Evaluation of polystyrene nanoplastic removal from aquatic environments and antibacterial activity against various harmful bacteria using jellyfish extract

Nanoplastics, increasingly detected in diverse environments, pose significant potential health risks and interact with biofilms in aquatic environments, facilitating the spread of pathogens. The potential use of leveraging jellyfish mucus to address marine pollution caused by plastics has been investigated. However, there is a lack of studies evaluating the environmental and human health risks associated with the after-use of jellyfish mucus-based materials. This study employed stress-induced jellyfish extract obtained from the immune response (JEI) of the moon jellyfish (Aurelia coerulea) to achieve the following: (1) assess the removal efficiency of polystyrene nanoplastics (PS-NPs) and evaluate the release of residual PS-NPs into water; (2) evaluate the antibacterial activity against six harmful bacterial species; (3) examine the impact on harmful bacterial communities in aquatic environments; (4) conduct cytotoxicity tests.
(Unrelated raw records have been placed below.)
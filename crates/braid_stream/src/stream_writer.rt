ghost use Rattle.std.specs.Prelude.{◌≡◌, [], ◌∷◌, ◌<◌, false};
ghost use Rattle.std.specs.Fmt.{digits, digit_glyph};
ghost use Rattle.braid_change.specs.Spellings.{canonical};
ghost use Rattle.braid_fields.specs.Chunks.{chunk, beat, last_chunk};
ghost use Rattle.braid_frame.specs.Buffers.{IsWritten};
ghost use Rattle.braid_stream.specs.Chunked.{chunks};

use braid_change::{Outlet, Update, canon_len, spell};
use braid_frame::Buffered;
use braid_io::{Sink, WriteEnd};

/// Writes a stream of updates as a chunked body (RFC 9112, section 7.1), through a buffer of 8,192 bytes.
///
/// Each update is one chunk with its canonical spelling. A call writes in as few writes as the buffer allows, and leaves
/// nothing waiting, so the buffer stands in the call. It borrows its sink until it is dropped, and takes no memory.
///
/// Errors: `WriteFault` at the first write that fails, where the sink's count of faults rose in that call; a front of what
/// the call writes was then written. No call answers `Memory`.
#[derive(Drop)]
pub struct StreamWriter<'a, S: Sink> {
    sink: &'a mut S,
}

impl<'a, S: Sink> StreamWriter<'a, S> {
    /// A writer before a sink that has written nothing.
    pub fn new(sink: &'a mut S) -> StreamWriter<'a, S>
        ensures same_sink { result.sink.ghost_name ≡ sink.entry.ghost_name }
        ensures sink { result.sink.now ≡ sink.old }
    {
        StreamWriter { sink }
    }

    /// Writes an update as one chunk.
    pub fn put(&mut self, update: &Update) -> Result<(), WriteEnd>
        ensures written { IsWritten result (chunk (canonical update.now)) (S.outflow self.old.sink.now)
            (S.outflow self.new.sink.now) }
        ensures kept { S.beside_writes self.new.sink.now ≡ S.beside_writes self.old.sink.now }
        ensures same_sink { self.new.sink.ghost_name ≡ self.old.sink.ghost_name }
    {
        let mut out = Buffered::new(self.sink);
        put_chunk(update, &mut out);
        out.end()
    }

    /// Writes updates as one chunk each, in their order.
    pub fn put_all(&mut self, updates: &[Update]) -> Result<(), WriteEnd>
        ensures written { IsWritten result (chunks updates.now) (S.outflow self.old.sink.now)
            (S.outflow self.new.sink.now) }
        ensures kept { S.beside_writes self.new.sink.now ≡ S.beside_writes self.old.sink.now }
        ensures same_sink { self.new.sink.ghost_name ≡ self.old.sink.ghost_name }
    {
        let mut out = Buffered::new(self.sink);
        put_chunks(updates, &mut out);
        out.end()
    }

    /// Writes a chunk of an empty line, which shows a reader that the stream goes on.
    pub fn beat(&mut self) -> Result<(), WriteEnd>
        ensures written { IsWritten result beat (S.outflow self.old.sink.now)
            (S.outflow self.new.sink.now) }
        ensures kept { S.beside_writes self.new.sink.now ≡ S.beside_writes self.old.sink.now }
        ensures same_sink { self.new.sink.ghost_name ≡ self.old.sink.ghost_name }
    {
        let mut out = Buffered::new(self.sink);
        out.put(b"2\r\n\r\n\r\n");
        out.end()
    }

    /// Writes the last chunk, which ends the body.
    pub fn finish(&mut self) -> Result<(), WriteEnd>
        ensures written { IsWritten result last_chunk (S.outflow self.old.sink.now)
            (S.outflow self.new.sink.now) }
        ensures kept { S.beside_writes self.new.sink.now ≡ S.beside_writes self.old.sink.now }
        ensures same_sink { self.new.sink.ghost_name ≡ self.old.sink.ghost_name }
    {
        let mut out = Buffered::new(self.sink);
        out.put(b"0\r\n\r\n");
        out.end()
    }
}

/// Puts updates as one chunk each.
fn put_chunks<O: Outlet>(updates: &[Update], out: &mut O)
    ensures puts { O.puts (chunks updates.now) out.old out.new }
{
    for update in updates {
        put_chunk(update, out);
    }
}

/// Puts an update as one chunk.
fn put_chunk<O: Outlet>(update: &Update, out: &mut O)
    ensures puts { O.puts (chunk (canonical update.now)) out.old out.new }
{
    put_size(canon_len(update), out);
    out.put(b"\r\n");
    spell(update, out);
    out.put(b"\r\n");
}

/// Puts a number in lower-case hexadecimal digits, without leading zeros.
fn put_size<O: Outlet>(n: u64, out: &mut O)
    ensures puts { O.puts (digits 16 false n) out.old out.new }
{
    if n < 16 {
        put_digit(n as u8, out);
    } else {
        put_size(n / 16, out);
        put_digit((n % 16) as u8, out);
    }
}

/// Puts the digit of a number below 16.
fn put_digit<O: Outlet>(n: u8, out: &mut O)
    requires digit { n < 16 }
    ensures puts { O.puts (digit_glyph false n ∷ []) out.old out.new }
{
    let digit = if n < 10 { b'0' + n } else { b'a' + (n - 10) };
    out.put(&[digit]);
}
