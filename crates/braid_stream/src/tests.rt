ghost use Rattle.std.specs.Prelude.{◌<◌};

use super::*;
use braid_ids::Bytes;
use braid_io::{MemSource, PureSource};
use std::alloc::Global;
use std::test::Fail;

const ONE: &[u8] = b"Version: \"a-1\"\r\nParents:\r\nContent-Length: 2\r\n\r\nhi";

const TWO: &[u8] =
    b"\n\nVersion: \"a-1\"\nParents:\nContent-Length: 2\n\nhi\r\n\r\nVersion: \"b-1\"\r\nParents: \"a-1\"\r\nPatches: 1\r\n\r\nContent-Length: 1\r\nContent-Range: text [2:2]\r\n\r\n!\r\n\r\n";

/// Puts what an answer is at the end, in a few characters.
fn describe(alloc: Global, out: &mut Vec<u8>, next: &Next) -> Result<(), Fail> {
    match next {
        Next::Update(update) => out.extend_from_slice(update.id().bytes())?,
        Next::End => out.extend_from_slice(b"End")?,
        Next::Torn { at } => out.extend_from_slice(format!(in alloc; "Torn {at}")?.as_bytes())?,
        Next::Fault(fault) => {
            let text = format!(in alloc; "{:?} {}", fault.reason, fault.at)?;
            out.extend_from_slice(text.as_bytes())?;
        }
        Next::ReadFault => out.extend_from_slice(b"ReadFault")?,
        Next::Spent => out.extend_from_slice(b"Spent")?,
        Next::Memory => out.extend_from_slice(b"Memory")?,
    }
    out.push(b',')?;
    Ok(())
}

/// The first answers of a reader of this input, which comes in pieces of this size, with these reads failing.
fn answers(
    alloc: Global,
    input: &[u8],
    piece: usize,
    fails: &[u64],
    calls: usize,
) -> Result<Vec<u8>, Fail>
    requires { 0 < piece }
{
    let bytes = Bytes::of(alloc, input)?;
    let mut source = MemSource::new(bytes, piece, Vec::from_slice(alloc, fails)?);
    let mut reader = UpdateReader::new(alloc);
    let mut out = Vec::new(alloc);
    for _ in 0..calls {
        let next = reader.next(&mut source);
        describe(alloc, &mut out, &next)?;
    }
    Ok(out)
}

#[test]
fn a_reader_answers_the_updates_and_how_the_stream_ended(rt: HostRuntime) -> Result<(), Fail> {
    let rows: [(&[u8], usize, &[u8]); 8] = [
        (b"", 2, b"End,End,"),
        (b"\r\n\n", 2, b"End,End,"),
        (ONE, 3, b"a-1,End,End,"),
        (TWO, 4, b"a-1,b-1,End,End,"),
        (&ONE[..48], 2, b"Torn 48,Torn 48,"),
        (&TWO[..60], 3, b"a-1,Torn 60,Torn 60,"),
        (b"no colon\n", 2, b"BadLine 0,BadLine 0,"),
        (
            b"\nVersion: \"a-1\"\nContent-Length: 1\n\n\xff\n",
            2,
            b"NotText 35,NotText 35,",
        ),
    ];
    for (input, calls, expected) in rows {
        for piece in [1usize, 10, 9000] {
            let found = answers(rt.alloc(), input, piece.max(1), &[], calls)?;
            assert_eq!(rt; found.as_slice(), expected);
        }
    }
    Ok(())
}

/// The first answers of a reader of this input, which comes in one piece, each with the number of reads so far.
fn answers_with_reads(alloc: Global, input: &[u8], calls: usize) -> Result<Vec<u8>, Fail> {
    let bytes = Bytes::of(alloc, input)?;
    let mut source = MemSource::new(bytes, 9000, Vec::new(alloc));
    let mut reader = UpdateReader::new(alloc);
    let mut out = Vec::new(alloc);
    for _ in 0..calls {
        let next = reader.next(&mut source);
        describe(alloc, &mut out, &next)?;
        let reads = source.calls();
        out.extend_from_slice(format!(in alloc; "{reads},")?.as_bytes())?;
    }
    Ok(out)
}

#[test]
fn what_one_read_brought_is_answered_before_the_next_read(rt: HostRuntime) -> Result<(), Fail> {
    let rows: [(&[u8], usize, &[u8]); 3] = [
        (TWO, 4, b"a-1,1,b-1,1,End,2,End,2,"),
        (ONE, 2, b"a-1,1,End,2,"),
        (
            b"Version: \"a-1\"\nContent-Length: 0\n\nno colon\n",
            2,
            b"a-1,1,BadLine 34,1,",
        ),
    ];
    for (input, calls, expected) in rows {
        let found = answers_with_reads(rt.alloc(), input, calls)?;
        assert_eq!(rt; found.as_slice(), expected);
    }
    Ok(())
}

#[test]
fn a_reader_goes_on_after_a_failed_read(rt: HostRuntime) -> Result<(), Fail> {
    let rows: [(&[u8], usize, &[u64], usize, &[u8]); 4] = [
        (ONE, 10, &[2], 3, b"ReadFault,a-1,End,"),
        (
            ONE,
            1,
            &[0, 1, 30],
            5,
            b"ReadFault,ReadFault,ReadFault,a-1,End,",
        ),
        (ONE, 9000, &[1], 4, b"a-1,ReadFault,End,End,"),
        (&ONE[..48], 9000, &[1, 3], 3, b"ReadFault,Torn 48,Torn 48,"),
    ];
    for (input, piece, fails, calls, expected) in rows {
        let found = answers(rt.alloc(), input, piece.max(1), fails, calls)?;
        assert_eq!(rt; found.as_slice(), expected);
    }
    Ok(())
}

#[test]
fn a_body_may_be_longer_than_the_buffer(rt: HostRuntime) -> Result<(), Fail> {
    let alloc = rt.alloc();
    let mut input = Vec::from_slice(alloc, b"Version: \"a-1\"\nContent-Length: 20000\n\n")?;
    input.extend_from_slice(&vec![in alloc; b'a'; 20_000]?)?;
    input.extend_from_slice(ONE)?;
    let found = answers(alloc, &input, 100_000, &[], 3)?;
    assert_eq!(rt; found.as_slice(), b"a-1,a-1,End,".as_slice());
    Ok(())
}

#[test]
fn a_reader_with_a_source_of_its_own_gives_it_back(rt: HostRuntime) -> Result<(), Fail> {
    let alloc = rt.alloc();
    let mut reader = StreamReader::new(alloc, PureSource::new(Bytes::of(alloc, ONE)?));
    let mut out = Vec::new(alloc);
    let first = reader.next();
    describe(alloc, &mut out, &first)?;
    let second = reader.next();
    describe(alloc, &mut out, &second)?;
    assert_eq!(rt; out.as_slice(), b"a-1,End,".as_slice());
    assert!(rt; reader.source().left().is_empty());
    let source = reader.into_source();
    assert!(rt; source.left().is_empty());
    Ok(())
}

#[test]
fn a_reader_leaves_its_source_alone_once_it_has_ended(rt: HostRuntime) -> Result<(), Fail> {
    let alloc = rt.alloc();
    let bytes = Bytes::of(alloc, b"no colon\n and more")?;
    let mut source = MemSource::new(bytes, 9, Vec::new(alloc));
    let mut reader = UpdateReader::new(alloc);
    let mut out = Vec::new(alloc);
    let first = reader.next(&mut source);
    describe(alloc, &mut out, &first)?;
    let second = reader.next(&mut source);
    describe(alloc, &mut out, &second)?;
    assert_eq!(rt; out.as_slice(), b"BadLine 0,BadLine 0,".as_slice());
    assert_eq!(rt; source.calls(), 1);
    assert_eq!(rt; source.left(), b" and more".as_slice());
    Ok(())
}
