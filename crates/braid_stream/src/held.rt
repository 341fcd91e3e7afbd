ghost use Rattle.std.specs.Prelude.{◌≡◌, ◌<◌, ◌≤◌, [], length, drop};
ghost use Rattle.braid_stream.specs.Pieces.{Fills, ReadsFront};

use braid_io::{Read, Source};
use std::marker::Model;

/// The number of bytes that the buffer has room for, and so the most that one read brings.
const ROOM: usize = 8_192;

/// Bytes that were read and not yet fed, in a buffer of fixed size.
#[derive(Drop)]
pub struct Held {
    buffer: [u8; ROOM],
    from: usize,
    to: usize,
}

impl Model for Held {
    ghost use Rattle.std.specs.Prelude.{◌≤◌, ◌-◌, List, ℕ, take, drop};

    ghost Value = { List ℕ };

    ghost view = { λ held. take (held.to - held.from) (drop held.from held.buffer) };

    ghost invariant = { λ held. (held.from ≤ held.to) × (held.to ≤ 8_192) };
}

impl Held {
    /// No bytes.
    pub fn new() -> Held
        ensures none { result ≡ [] }
    {
        Held {
            buffer: [0; ROOM],
            from: 0,
            to: 0,
        }
    }

    /// The bytes, lent as a slice.
    pub fn get(&self) -> &[u8]
        ensures value { result.now ≡ self.now }
    {
        &self.buffer[self.from..self.to]
    }

    /// Lets the first `count` bytes go.
    pub fn pass(&mut self, count: usize)
        requires within { count ≤ length self.old }
        ensures rest { self.new ≡ drop count self.old }
    {
        self.from += count;
    }

    /// Reads the next bytes, at most `most` of them, where no bytes are held.
    pub fn fill<S: Source>(&mut self, source: &mut S, most: u64) -> Read
        requires none { self.old ≡ [] }
        requires some { 0 < most }
        ensures fills { Fills result self.new most (S.intake source.old) (S.intake source.new) }
        ensures kept { S.beside_reads source.new ≡ S.beside_reads source.old }
    {
        let read = read_front(source, &mut self.buffer, most);
        if let Read::Got(count) = read {
            self.from = 0;
            self.to = count;
        }
        read
    }
}

/// Reads bytes into the front of a buffer, at most `most` of them.
fn read_front<S: Source>(source: &mut S, buffer: &mut [u8], most: u64) -> Read
    requires room { 0 < length buffer.old }
    requires some { 0 < most }
    ensures reads { ReadsFront result buffer.new most (S.intake source.old) (S.intake source.new) }
    ensures kept { S.beside_reads source.new ≡ S.beside_reads source.old }
{
    let room = buffer.len();
    if most < room as u64 {
        source.read(&mut buffer[..most as usize])
    } else {
        source.read(buffer)
    }
}
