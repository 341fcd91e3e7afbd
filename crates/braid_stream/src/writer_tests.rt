use super::*;
use braid_change::{Change, Text, Update};
use braid_ids::{Frontier, Id};
use braid_io::{MemSink, WriteEnd};
use std::alloc::Global;

const CHUNKS: &[u8] =
    b"35\r\nVersion: \"a-1\"\r\nParents:\r\nContent-Length: 2\r\n\r\nhi\r\n\r\n\r\n2\r\n\r\n\r\n35\r\nVersion: \"a-1\"\r\nParents:\r\nContent-Length: 2\r\n\r\nhi\r\n\r\n\r\n0\r\n\r\n";

/// The update `a-1` with this body.
fn update_of(alloc: Global, body: &[u8]) -> Option<Update> {
    let id = Id::read(alloc, b"a-1").ok()?;
    let parents = Frontier::of(Vec::new(alloc)).ok()?;
    let text = Text::read(alloc, body).ok()?;
    Update::build(id, parents, Change::Body(text)).ok()
}

/// Writes an update, a beat, the update again, and the last chunk.
fn write_stream(sink: &mut MemSink, updates: &[Update; 1]) -> Result<(), WriteEnd> {
    let mut writer = StreamWriter::new(sink);
    writer.put(&updates[0])?;
    writer.beat()?;
    writer.put_all(updates)?;
    writer.finish()
}

/// What is written where there is so much room and this write fails, and whether all of it was.
fn written(alloc: Global, room: usize, fails: u64) -> Option<(bool, usize)> {
    let mut sink = MemSink::new(alloc, room, Vec::from_slice(alloc, &[fails]).ok()?).ok()?;
    let updates = [update_of(alloc, b"hi")?];
    let whole = write_stream(&mut sink, &updates).is_ok();
    let text = sink.written();
    let front = CHUNKS.starts_with(text);
    Some((whole && front, if front { text.len() } else { 1_000 }))
}

#[test]
fn updates_are_written_as_chunks(rt: HostRuntime) {
    let rows: [(usize, u64, bool, usize); 6] = [
        (200, 9, true, 130),
        (20, 9, false, 20),
        (59, 9, false, 59),
        (129, 9, false, 129),
        (200, 1, false, 59),
        (200, 3, false, 125),
    ];
    for (room, fails, whole, len) in rows {
        assert!(rt; written(rt.alloc(), room, fails) == Some((whole, len)));
    }
}

/// Whether an update that is longer than the buffer is written whole, in as many writes as the buffer is filled.
fn is_written_long(alloc: Global) -> Option<bool> {
    let body = vec![in alloc; b'a'; 20_000].ok()?;
    let update = update_of(alloc, &body)?;
    let mut sink = MemSink::new(alloc, 20_063, Vec::new(alloc)).ok()?;
    let whole = StreamWriter::new(&mut sink).put(&update).is_ok();
    let front = sink.written().starts_with(b"4e57\r\nVersion: \"a-1\"\r\n");
    Some(whole && front && sink.room() == 0 && sink.calls() == 3)
}

#[test]
fn an_update_may_be_longer_than_the_buffer_of_a_writer(rt: HostRuntime) {
    assert!(rt; is_written_long(rt.alloc()) == Some(true));
}
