// The compiler.

ghost use Rattle.std.specs.Prelude.{IfOk, IfErr};
ghost use Rattle.alias_rules.specs.Fine.{IsTakenPlan};
ghost use Rattle.last_use.specs.Reasons.{AreReasons};
ghost use Rattle.source_rules.specs.Source.{IsRefused};
ghost use Rattle.compiled_meaning.specs.Compiled.{CompilesSomething};
ghost use Rattle.compiled_meaning.specs.inner.Ready.{IsReady};

use flat_compiler::compile::{Compiled, compile_flat};
use source_rules::fault::SpecFault;
use spec_reader::read::{Specification, read_spec};
use std::alloc::Global;

/// Compiles the bytes of a specification: its flat system is simplified, and the code is made by the plan that is taken, in which each
/// update of the listed set happens in place. They are refused exactly where they are none that can be run, unless memory runs out.
pub fn compile(alloc: Global, source: &[u8]) -> Result<Compiled, SpecFault>
    ensures system { IfOk result (λ c. CompilesSomething source.now c.code.system) }
    ensures taken { IfOk result (λ c. IsTakenPlan c.code.system c.code.in_place c.code.order) }
    ensures reasons { IfOk result (λ c. AreReasons c.code.system c.code.in_place c.reasons) }
    ensures ready { IfOk result (λ c. IsReady c.code.system) }
    ensures fault { IfErr result (IsRefused source.now) }
{
    let Specification { flat, order } = read_spec(alloc, source)?;
    let compiled = compile_flat(alloc, flat, &order)?;
    Ok(compiled)
}
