//! From the bytes of a specification to the code that runs, or the way in which it is refused.
#![tactic(auto)]

pub mod compile;
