//! Readers of tokens: small grammars that are put together to larger ones, and the laws that they keep.
//!
//! There is no code here. `specs/Reader.antt` has the readers, and `proofs/` the laws.
#![tactic(auto)]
JEI effectively captured PS-NPs and reduced both biofilm accumulation and residual PS-NP release into water following application. Exposure to JEI at concentrations of 50 and 100 mg/mL yielded statistically significant reductions in PS-NPs, with average removal rates of 84.65% (1.71 ± 0.38 mg/L) and 89.60% (1.81 ± 0.03 mg/L), respectively. JEI showed antibacterial activity against Acinetobacter baumannii, Enterobacter cloacae, Klebsiella pneumoniae, Pseudomonas aeruginosa, Bacillus subtilis, and Staphylococcus aureus, with higher efficacy against Gram-positive than Gram-negative bacteria. Considering its potential to alter harmful bacterial communities in aquatic environments, JEI should be regulated and discharged at a concentration below 0.01 mg/mL. No significant cytotoxicity was observed at this concentration. Therefore, the findings of this study underscore the necessity of managing nanoplastics in aquatic environments and suggest that JEI is a promising biomaterial for mitigating the spread of nanoplastics and harmful bacteria.